## What to do
Every line in the data below from the one containing "of a metric." down to the one containing "if let Some((value, count))", both included, must be retyped exactly; no other line is to appear.

Collected data:
-----
//! A daemon's status as metrics, in the text format of Prometheus.
use std::alloc::{AllocError, Global};
use std::fmt::Write;

/// What may go up and down: the name of its line in a status, its name as a metric, and its help.
const GAUGES: [(&str, &str, &str); 12] = [
    (
        "started_seconds",
        "noticed_start_time_seconds",
        "When the run began, since 1970.",
    ),
    (
        "uptime_seconds",
        "noticed_uptime_seconds",
        "For how long it runs.",
    ),
    (
        "agents",
        "noticed_agents",
        "How many clients are served at once.",
    ),
    (
        "agents_busy",
        "noticed_agents_busy",
        "Agents that have a client.",
    ),
    (
        "clients_waiting",
        "noticed_clients_waiting",
        "Clients that wait for an agent.",
    ),
    (
        "keys_limit",
        "noticed_keys_limit",
        "How many keys may be held.",
    ),
    ("keys_held", "noticed_keys_held", "Keys that are held."),
    (
        "keys_open",
        "noticed_keys_open",
        "Held keys with an open log.",
    ),
    (
        "keys_closed",
        "noticed_keys_closed",
        "Held keys with a closed log.",
    ),
    (
        "journal_used",
        "noticed_journal_used_bytes",
        "Bytes of the journal that have records.",
    ),
    (
        "journal_size",
        "noticed_journal_size_bytes",
        "Bytes that the journal has.",
    ),
    (
        "notices_waiting",
        "noticed_notices_waiting",
        "Notices that wait for the mail server.",
    ),
];

/// What only goes up, in the same form.
const COUNTERS: [(&str, &str, &str); 7] = [
    (
        "keys_released",
        "noticed_keys_released_total",
        "Closed keys that made room for others.",
    ),
    (
        "connections",
        "noticed_connections_total",
        "Connections accepted.",
    ),
    (
        "cut_off",
        "noticed_clients_cut_off_total",
        "Clients cut off.",
    ),
    (
        "notices_sealed",
        "noticed_notices_sealed_total",
        "Notices sealed.",
    ),
    (
        "notices_written",
        "noticed_notices_written_total",
        "Notices written.",
    ),
    (
        "notices_accepted",
        "noticed_notices_accepted_total",
        "Notices that the mail server accepted.",
    ),
    (
        "notices_refused",
        "noticed_notices_refused_total",
        "Notices that the mail server refused for good.",
    ),
];

/// Counts by a label: the beginning of the names of their lines, the metric, its label, and its help.
const LABELLED: [(&str, &str, &str, &str); 2] = [
    (
        "requests_",
        "noticed_requests_total",
        "kind",
        "Requests about logs, by what they ask.",
    ),
    (
        "answered_",
        "noticed_answers_total",
        "reply",
        "Requests by their answers.",
    ),
];

/// The metrics of a status. A count that it doesn't have is left out.
pub(crate) fn metrics_of(alloc: Global, text: &str) -> Result<String, AllocError> {
    let mut shown = String::new(alloc);
    for (line, name, help) in GAUGES.iter() {
        add_metric(&mut shown, name, "gauge", help, value_in(text, line))?;
    }
    for (line, name, help) in COUNTERS.iter() {
        add_metric(&mut shown, name, "counter", help, value_in(text, line))?;
    }
    for (beginning, name, label, help) in LABELLED.iter() {
        add_head(&mut shown, name, "counter", help)?;
        add_labelled(&mut shown, text, beginning, name, label)?;
    }
    Ok(shown)
}

/// Adds a metric, if it has a value.
fn add_metric(
    shown: &mut String,
    name: &str,
    kind: &str,
    help: &str,
    value: Option<&str>,
) -> Result<(), AllocError> {
    let Some(value) = value else {
        return Ok(());
    };
    add_head(shown, name, kind, help)?;
    writeln!(shown, "{name} {value}")
}

/// Adds what is said of a metric.
fn add_head(shown: &mut String, name: &str, kind: &str, help: &str) -> Result<(), AllocError> {
    writeln!(shown, "# HELP {name} {help}")?;
    writeln!(shown, "# TYPE {name} {kind}")
}

/// Adds the count of each line whose name has this beginning. The rest of the name is its label.
fn add_labelled(
    shown: &mut String,
    text: &str,
    beginning: &str,
    name: &str,
    label: &str,
) -> Result<(), AllocError> {
    for line in text.lines() {
        if let Some(named) = line.strip_prefix(beginning) {
            if let Some((value, count)) = named.split_once(' ') {
                writeln!(shown, "{name}{{{label}=\"{value}\"}} {count}")?;
            }
        }
    }
    Ok(())
}

/// The value of the line of this name, if there is one.
pub(crate) fn value_in<'a>(text: &'a str, name: &str) -> Option<&'a str> {
    for line in text.lines() {
        if let Some((its, value)) = line.split_once(' ') {
            if its == name {
                return Some(value);
            }
        }
    }
    None
}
-----
## Solution below
/// Adds what is said of a metric.
fn add_head(shown: &mut String, name: &str, kind: &str, help: &str) -> Result<(), AllocError> {
    writeln!(shown, "# HELP {name} {help}")?;
    writeln!(shown, "# TYPE {name} {kind}")
}

/// Adds the count of each line whose name has this beginning. The rest of the name is its label.
fn add_labelled(
    shown: &mut String,
    text: &str,
    beginning: &str,
    name: &str,
    label: &str,
) -> Result<(), AllocError> {
    for line in text.lines() {
        if let Some(named) = line.strip_prefix(beginning) {
            if let Some((value, count)) = named.split_once(' ') {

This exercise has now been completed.